Ce système bancaire, aussi mature soit-il, passait outre une clientèle qui ne se retrouvait pas dans les produits classiques. Par conséquent, notre système financier laissait filer des milliards de dirhams de dépôts et autant en transactions et crédits participatifs. L'on comprend que les banquiers «en chef» voulaient occuper le terrain et quadriller les dépôts classiques avant de s'attaquer à un marché qui leur a toujours échappé.

Aujourd'hui, il ne faut surtout pas rater ce démarrage, car le lancement est prescripteur surtout que les attentes des clients sont énormes.

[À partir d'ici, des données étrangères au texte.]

use aq_term::memory::Memory;
use std::alloc::Global;

/// A set of variables that is emptied in one step.
#[derive(Drop)]
pub struct VariableSet {
    /// For each variable the round in which it was added last, or 0.
    rounds: Vec<u64>,
    round: u64,
}

impl VariableSet {
    /// An empty set of variables below `variables`.
    pub fn new(alloc: Global, variables: usize) -> Result<VariableSet, Memory> {
        Ok(VariableSet {
            rounds: vec![in alloc; 0; variables]?,
            round: 1,
        })
    }

    /// Takes all variables out.
    pub fn clear(&mut self) {
        self.round = self.round.saturating_add(1);
    }

    pub fn has(&self, variable: u32) -> bool {
        match self.rounds.get(variable as usize) {
            Some(round) => *round == self.round,
            None => false,
        }
    }

    /// Adds a variable, and says whether it was not there.
    pub fn add(&mut self, variable: u32) -> bool {
        match self.rounds.get_mut(variable as usize) {
            Some(round) => {
                let new = *round != self.round;
                *round = self.round;
                new
            }
            None => false,
        }
    }
}
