ghost use Rattle.std.specs.Prelude.{◌≡◌, ◌++◌, ◌∷◌, [], OnOk, OnErr, length};

use crate::predicate::Predicate;
use aq_term::memory::Memory;
use std::alloc::Global;
use std::marker::Model;

/// The predicates of a program, in the order of their first clauses. Contracts see the list of them.
#[derive(Debug, Drop)]
pub struct Predicates {
    items: Vec<Predicate>,
}

impl Model for Predicates {
    ghost use Rattle.std.specs.Prelude.{List};
    ghost use Rattle.source_program.specs.declared.predicate.Predicate.{Predicate};

    ghost Value = { List Predicate };

    ghost use Rattle.source_program.specs.contracts.predicate.Predicate as item;
    ghost use Rattle.std.specs.Coded.{coded_list};

    ghost coded = { coded_list item.the_row.coded };

    ghost view = { λ a. a.items.items };
}

impl Predicates {
    pub fn new(alloc: Global) -> Predicates
        ensures { result ≡ [] }
    {
        Predicates {
            items: Vec::new(alloc),
        }
    }

    /// The list of these items, with no copy.
    pub fn from_vec(items: Vec<Predicate>) -> Predicates
        ensures { result ≡ items.items }
    {
        Predicates { items }
    }

    /// The items, with no copy.
    pub fn into_vec(self) -> Vec<Predicate>
        ensures { result.items ≡ self }
    {
        let Predicates { items } = self;
        items
    }

    pub fn as_slice(&self) -> &[Predicate]
        ensures { result.now ≡ self.now }
    {
        self.items.as_slice()
    }

    pub fn len(&self) -> usize
        ensures { result ≡ length self.now }
    {
        self.items.len()
    }

    /// Puts an item at the end. After want of memory the list is as it was.
    pub fn push(&mut self, item: Predicate) -> Result<(), Memory>
        ensures ok { OnOk result (self.new ≡ self.old ++ item ∷ []) }
        ensures err { OnErr result (self.new ≡ self.old) }
    {
        self.items.push(item)?;
        Ok(())
    }
}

C'est pourquoi la communication s'avère cruciale afin de dissiper les clichés qui ont toujours prévalu, à savoir le coût élevé du crédit. Sans s'attarder sur le bien-fondé ou non de cette «réputation», les banques participatives gagneraient à s'unir autour d'une communication transversale qui présente au grand public les spécificités et les avantages qu'elles offrent à leur clientèle.

En parallèle, ces banques peuvent, chacune, vanter les mérites de leurs produits en donnant libre cours à la concurrence, mais il ne faut pas rater les préalables, sinon elles perdraient toutes avant qu'elles n'atteignent la vitesse de croisière de la concurrence. C'est la responsabilité aussi de la Banque centrale qui a le devoir d'orienter et de guider les banques participatives de façon à leur faciliter la communication, l'exploitation et le décollage.